Water gushed down onto the ICU, forcing them to evacuate their sickest patients – some on ventilators – to other floors, said Dr Birgit Bodine of HCA Florida Fawcett Hospital. Staff members used towels and plastic bins to try to mop up the sodden mess.

The medium-sized hospital spans four floors, but patients crowded into two because of the damage, and more were expected with people injured from the storm needing help.

“As long as our patients do okay and nobody ends up dying or having a bad outcome, that’s what matters,” Bodine said.

Law enforcement officials in nearby Fort Myers received calls from people trapped in flooded homes or from worried relatives. Pleas were also posted on social media sites, some with video showing debris-covered water sloshing toward the eaves of their homes.

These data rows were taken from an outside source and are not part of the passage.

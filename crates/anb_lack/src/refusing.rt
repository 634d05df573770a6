//! What is said of a refusal.
ghost use Rattle.std.specs.Prelude.{◌≡◌, IfOk, length, map};
ghost use Rattle.std.specs.List.{AllByRecursion};
ghost use Rattle.anb_term.specs.View.{tree_of};
ghost use Rattle.anb_protocol.specs.Laws.{HoldsOf};
ghost use Rattle.anb_protocol.specs.Plans.{plan_of, term_in};
ghost use Rattle.anb_protocol.specs.Texts.{IsTermOf};
ghost use Rattle.anb_protocol.specs.Views.{plan_event};
ghost use Rattle.anb_compile.specs.Unsent.{IsFirstUnsentOfAll};
ghost use Rattle.anb_reason.specs.Reach.{IsReason};
ghost use Rattle.anb_lack.specs.Lacking.{lists_text, refused_text, IsLackText};
ghost use Rattle.anb_lack.specs.Origins.{IsListedFrom};

use crate::lines::{put_had, put_lacking, put_refused};
use crate::listing::{before_send, listed_origins};
use crate::origins::Origin;
use crate::parts::lacking;
use crate::root_lines::put_roots;
use crate::roots::roots;
use anb_base::{NoMemory, Text};
use anb_protocol::{Event, Protocol, protocols_hold, terms_of_plans};
use anb_reason::{Refusal, refusal_of};
use std::alloc::Global;

/// A line, without its end, on the action that can't be sent; and the lists of what the sender has and
/// lacks, and why.
#[derive(Drop)]
pub struct LackText {
    pub line: Vec<u8>,
    pub lists: Vec<u8>,
}

/// What the sender of the first message that can't be sent lacks: its number and the action's, as
/// `compile_all` tells them. Beside what `refusal_of` costs, each term of the sender's plan and of the
/// message is looked at a few times, and each line of the text once more. Where a term is from costs
/// what `refusal_of` does once more. Each part that is missing is compared with what stands behind
/// keys that are missing.
pub fn lack_text(
    alloc: Global,
    protocol: &Protocol,
    role: u32,
    action: u32,
) -> Result<LackText, NoMemory>
    requires { IsFirstUnsentOfAll protocol.now role action }
    ensures { IfOk result (λ text. IsLackText protocol.now text.line.items text.lists.items) }
{
    protocols_hold();
    terms_of_plans();
    let _ = protocol.name();
    let refusal = refusal_of(alloc, protocol, role, action)?;
    refusal_text(alloc, protocol, &refusal)
}

/// What is said of a refusal.
fn refusal_text(alloc: Global, protocol: &Protocol, refusal: &Refusal) -> Result<LackText, NoMemory>
    requires holds { HoldsOf protocol.now }
    requires plan { AllByRecursion (λ e. IsTermOf protocol.now (term_in e))
        (plan_of protocol.now refusal.now.role) }
    requires reason { IsReason protocol.now refusal.now }
    requires message { IsTermOf protocol.now (tree_of refusal.now.term) }
    requires terms { AllByRecursion (IsTermOf protocol.now) refusal.now.terms }
    ensures { IfOk result (λ text. IsLackText protocol.now text.line.items text.lists.items) }
{
    let plan = protocol.plan(alloc, refusal.role)?;
    let before = before_send(plan.events(), refusal.action);
    let terms = refusal.terms.as_slice();
    let origins = listed_origins(alloc, protocol, refusal.role, terms, before)?;
    let sender = &protocol.roles()[refusal.role as usize];
    let mut line = Vec::new(alloc);
    put_refused(alloc, &mut line, protocol, sender, refusal)?;
    let lists = lists_text(alloc, protocol, sender, refusal, before, &origins)?;
    Ok(LackText { line, lists })
}

/// What the sender has and lacks, where these events are before the send, and why.
fn lists_text(
    alloc: Global,
    protocol: &Protocol,
    sender: &Text,
    refusal: &Refusal,
    before: &[Event],
    origins: &[Origin],
) -> Result<Vec<u8>, NoMemory>
    requires before { AllByRecursion (λ e. IsTermOf protocol.now (term_in e))
        (map plan_event before.now) }
    requires message { IsTermOf protocol.now (tree_of refusal.now.term) }
    requires terms { AllByRecursion (IsTermOf protocol.now) refusal.now.terms }
    requires long { length origins.now ≡ length refusal.now.terms }
    ensures { IfOk result (λ lists. lists.items ≡ lists_text protocol.now sender.now refusal.now
        (map plan_event before.now) origins.now) }
{
    let terms = refusal.terms.as_slice();
    let lacking = lacking(alloc, terms, &refusal.term)?;
    let roots = roots(alloc, terms, before, &lacking)?;
    let mut out = Vec::new(alloc);
    put_had(alloc, &mut out, protocol, terms, origins)?;
    put_lacking(alloc, &mut out, protocol, &lacking)?;
    put_roots(alloc, &mut out, protocol, sender, &roots)?;
    Ok(out)
}
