//! The lines that say why terms are missing.
ghost use Rattle.std.specs.Prelude.{◌≡◌, ◌<◌, ◌++◌, ℕ, List, Bool, Some, IfOk, OnOk, codes, length, map, slice_get, option_map};
ghost use Rattle.std.specs.List.{flat_map, AllByRecursion};
ghost use Rattle.anb_term.specs.View.{tree_of};
ghost use Rattle.anb_protocol.specs.Texts.{term_text};
ghost use Rattle.anb_lack.specs.Rooted.{lock_value, root_value, HasTerms, LockHasTerms};
ghost use Rattle.anb_lack.specs.Roots.{doer, doers, knows, makes, or_else, place_text, root_line, stands_text, who};
ghost use Rattle.anb_lack.specs.Rows.{AreRows, IsColumn};

use crate::knowing::{knowing, making};
use crate::lines::{put, put_number};
use crate::origins::Origin;
use crate::roots::{Lock, Root};
use anb_base::{NoMemory, Text};
use anb_protocol::Protocol;
use anb_term::Term;
use std::alloc::Global;

/// Appends why terms are missing, a line each.
pub(crate) fn put_roots(
    alloc: Global,
    out: &mut Vec<u8>,
    protocol: &Protocol,
    sender: &Text,
    roots: &[Root],
) -> Result<(), NoMemory>
    requires { AllByRecursion (HasTerms protocol.now) (map root_value roots.now) }
    ensures { OnOk result (out.new.items ≡ out.old.items
        ++ flat_map (root_line protocol.now sender.now) (map root_value roots.now)) }
{
    let keys = keys_of(alloc, roots)?;
    let knowing = knowing(alloc, protocol, &keys)?;
    let making = making(alloc, protocol, &keys)?;
    put_root_lines(alloc, out, protocol, sender, roots, &knowing, &making)
}

/// The keys that are asked for.
fn keys_of(alloc: Global, roots: &[Root]) -> Result<Vec<Term>, NoMemory>
    ensures { IfOk result (λ keys. map tree_of keys.items
        ≡ map (λ r. r.key) (map root_value roots.now)) }
{
    let mut keys = Vec::new(alloc);
    for root in roots {
        keys.push(root.key.copy(alloc)?)?;
    }
    Ok(keys)
}

/// Appends the lines, where the rows tell for each role and key whether it knows and makes it.
fn put_root_lines(
    alloc: Global,
    out: &mut Vec<u8>,
    protocol: &Protocol,
    sender: &Text,
    roots: &[Root],
    knowing: &[Vec<bool>],
    making: &[Vec<bool>],
) -> Result<(), NoMemory>
    requires terms { AllByRecursion (HasTerms protocol.now) (map root_value roots.now) }
    requires knowing { AreRows (length protocol.now.roles)
        (map (λ r. r.key) (map root_value roots.now)) (knows protocol.now) knowing.now }
    requires making { AreRows (length protocol.now.roles)
        (map (λ r. r.key) (map root_value roots.now)) (makes protocol.now) making.now }
    ensures { OnOk result (out.new.items ≡ out.old.items
        ++ flat_map (root_line protocol.now sender.now) (map root_value roots.now)) }
{
    for i in 0..roots.len() {
        put_root_line(alloc, out, protocol, sender, &roots[i], knowing, making, i)?;
    }
    Ok(())
}

/// Appends a line, for the root at place i.
fn put_root_line(
    alloc: Global,
    out: &mut Vec<u8>,
    protocol: &Protocol,
    sender: &Text,
    root: &Root,
    knowing: &[Vec<bool>],
    making: &[Vec<bool>],
    i: usize,
) -> Result<(), NoMemory>
    requires terms { HasTerms protocol.now (root_value root.now) }
    requires knowing { IsColumn i (length protocol.now.roles)
        (knows protocol.now (tree_of root.now.key)) knowing.now }
    requires making { IsColumn i (length protocol.now.roles)
        (makes protocol.now (tree_of root.now.key)) making.now }
    ensures { OnOk result (out.new.items
        ≡ out.old.items ++ root_line protocol.now sender.now (root_value root.now)) }
{
    let key = protocol.text_of_term(alloc, &root.key)?;
    put_stands(alloc, out, protocol, sender, root, &key)?;
    put_who(out, protocol, &root.key, &key, knowing, making, i)?;
    put(out, "\n")?;
    Ok(())
}

/// Appends where a part stands, and which key this needs; or that the role lacks it.
fn put_stands(
    alloc: Global,
    out: &mut Vec<u8>,
    protocol: &Protocol,
    sender: &Text,
    root: &Root,
    key: &Text,
) -> Result<(), NoMemory>
    requires terms { HasTerms protocol.now (root_value root.now) }
    requires key { key.now ≡ term_text protocol.now (tree_of root.now.key) }
    ensures { OnOk result (out.new.items ≡ out.old.items
        ++ stands_text protocol.now sender.now (root_value root.now)
        (option_map lock_value root.now.lock)) }
{
    match &root.lock {
        Some(lock) => {
            let part = protocol.text_of_term(alloc, &root.part)?;
            put_behind(alloc, out, protocol, &part, lock)
        }
        None => {
            put(out, sender.as_str())?;
            put(out, " lacks ")?;
            put(out, key.as_str())?;
            Ok(())
        }
    }
}

/// Appends that a part stands in a lock.
fn put_behind(
    alloc: Global,
    out: &mut Vec<u8>,
    protocol: &Protocol,
    part: &Text,
    lock: &Lock,
) -> Result<(), NoMemory>
    requires { LockHasTerms protocol.now (lock_value lock.now) }
    ensures { OnOk result (out.new.items ≡ out.old.items
        ++ (part.now ++ (codes " stands in " ++ (term_text protocol.now (tree_of lock.now.term)
        ++ (place_text lock.now.from ++ (codes ", which needs "
        ++ term_text protocol.now (tree_of lock.now.key))))))) }
{
    let term = protocol.text_of_term(alloc, &lock.term)?;
    let key = protocol.text_of_term(alloc, &lock.key)?;
    put(out, part.as_str())?;
    put(out, " stands in ")?;
    put(out, term.as_str())?;
    put_place(out, lock.from)?;
    put(out, ", which needs ")?;
    put(out, key.as_str())?;
    Ok(())
}

/// Appends where a lock is from.
fn put_place(out: &mut Vec<u8>, from: Origin) -> Result<(), NoMemory>
    ensures { OnOk result (out.new.items ≡ out.old.items ++ place_text from) }
{
    match from {
        Origin::Known => put(out, ", known"),
        Origin::Made => put(out, ", made"),
        Origin::Built => put(out, ", built"),
        Origin::Received(action) => {
            put(out, " of action ")?;
            put_number(out, action)?;
            Ok(())
        }
    }
}

/// Appends who knows a key; where no role does, who makes it; and else that nobody knows it.
fn put_who(
    out: &mut Vec<u8>,
    protocol: &Protocol,
    term: &Term,
    key: &Text,
    knowing: &[Vec<bool>],
    making: &[Vec<bool>],
    i: usize,
) -> Result<(), NoMemory>
    requires key { key.now ≡ term_text protocol.now (tree_of term.now) }
    requires knowing { IsColumn i (length protocol.now.roles)
        (knows protocol.now (tree_of term.now)) knowing.now }
    requires making { IsColumn i (length protocol.now.roles)
        (makes protocol.now (tree_of term.now)) making.now }
    ensures { OnOk result (out.new.items
        ≡ out.old.items ++ who protocol.now (tree_of term.now)) }
{
    let _ = term;
    let before = out.len();
    put_doers(out, protocol.roles(), knowing, i, " knows ", key)?;
    if out.len() > before {
        return Ok(());
    }
    put_doers(out, protocol.roles(), making, i, " makes ", key)?;
    if out.len() > before {
        return Ok(());
    }
    put(out, "; nobody knows ")?;
    put(out, key.as_str())?;
    Ok(())
}

/// Appends each role whose row has a flag at this place.
fn put_doers(
    out: &mut Vec<u8>,
    names: &[Text],
    rows: &[Vec<bool>],
    i: usize,
    verb: &str,
    key: &Text,
) -> Result<(), NoMemory>
    requires long { length rows.now ≡ length names.now }
    requires column { (does : ℕ → Bool) × IsColumn i (length names.now) does rows.now }
    ensures { OnOk result ((does : ℕ → Bool) → IsColumn i (length names.now) does rows.now
        → out.new.items ≡ out.old.items ++ doers does verb.now key.now 0 names.now) }
{
    for role in 0..names.len() {
        put_if(out, rows[role][i], &names[role], verb, key)?;
    }
    Ok(())
}

/// Appends what a role does, where the flag is set.
fn put_if(out: &mut Vec<u8>, is: bool, name: &Text, verb: &str, key: &Text) -> Result<(), NoMemory>
    ensures { OnOk result (out.new.items
        ≡ out.old.items ++ doer is name.now verb.now key.now) }
{
    if is {
        put_doer(out, name, verb, key)?;
    }
    Ok(())
}

/// Appends what a role does.
fn put_doer(out: &mut Vec<u8>, name: &Text, verb: &str, key: &Text) -> Result<(), NoMemory>
    ensures { OnOk result (out.new.items
        ≡ out.old.items ++ (codes "; " ++ (name.now ++ (verb.now ++ key.now)))) }
{
    put(out, "; ")?;
    put(out, name.as_str())?;
    put(out, verb)?;
    put(out, key.as_str())?;
    Ok(())
}
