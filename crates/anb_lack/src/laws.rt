//! What the lists of a text are worth: laws, each a function that does nothing.
ghost use Rattle.anb_lack.specs.Laws.{HadIsFrom, HadIsMade, KeysAreNotMade, LackingIsNotMade, MessageIsLacking};
ghost use Rattle.anb_lack.specs.Laws.{OriginsAreOne};

use anb_reason::shut_has_none;

/// Laws: what the role has can be made, from an event before the send on; a term is from one place; no
/// recipe gives what is listed as lacking, nor a key that is asked for, because the terms that it has are a
/// shut list; and the first that is lacking is the message.
pub fn lists_are_shown()
    ensures made { HadIsMade }
    ensures from { HadIsFrom }
    ensures one_origin { OriginsAreOne }
    ensures lacking { LackingIsNotMade }
    ensures keys { KeysAreNotMade }
    ensures message { MessageIsLacking }
{
    shut_has_none();
}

Hurricane Ian turned streets into rivers and blew down trees as it slammed into southwest Florida on Wednesday with 150 miles per hour winds, pushing a wall of storm surge. Ian’s strength at landfall was Category 4, tying it for the fifth-strongest hurricane, when measured by wind speed, ever to strike the US.

Ian’s centre came ashore more than 100 miles south of Tampa and St Petersburg, sparing the densely populated Tampa Bay area from its first direct hit by a major hurricane since 1921.

Ian dropped to a tropical storm yesterday over land, but was expected to intensify again once its centre moves over the Atlantic Ocean and menace the South Carolina coast.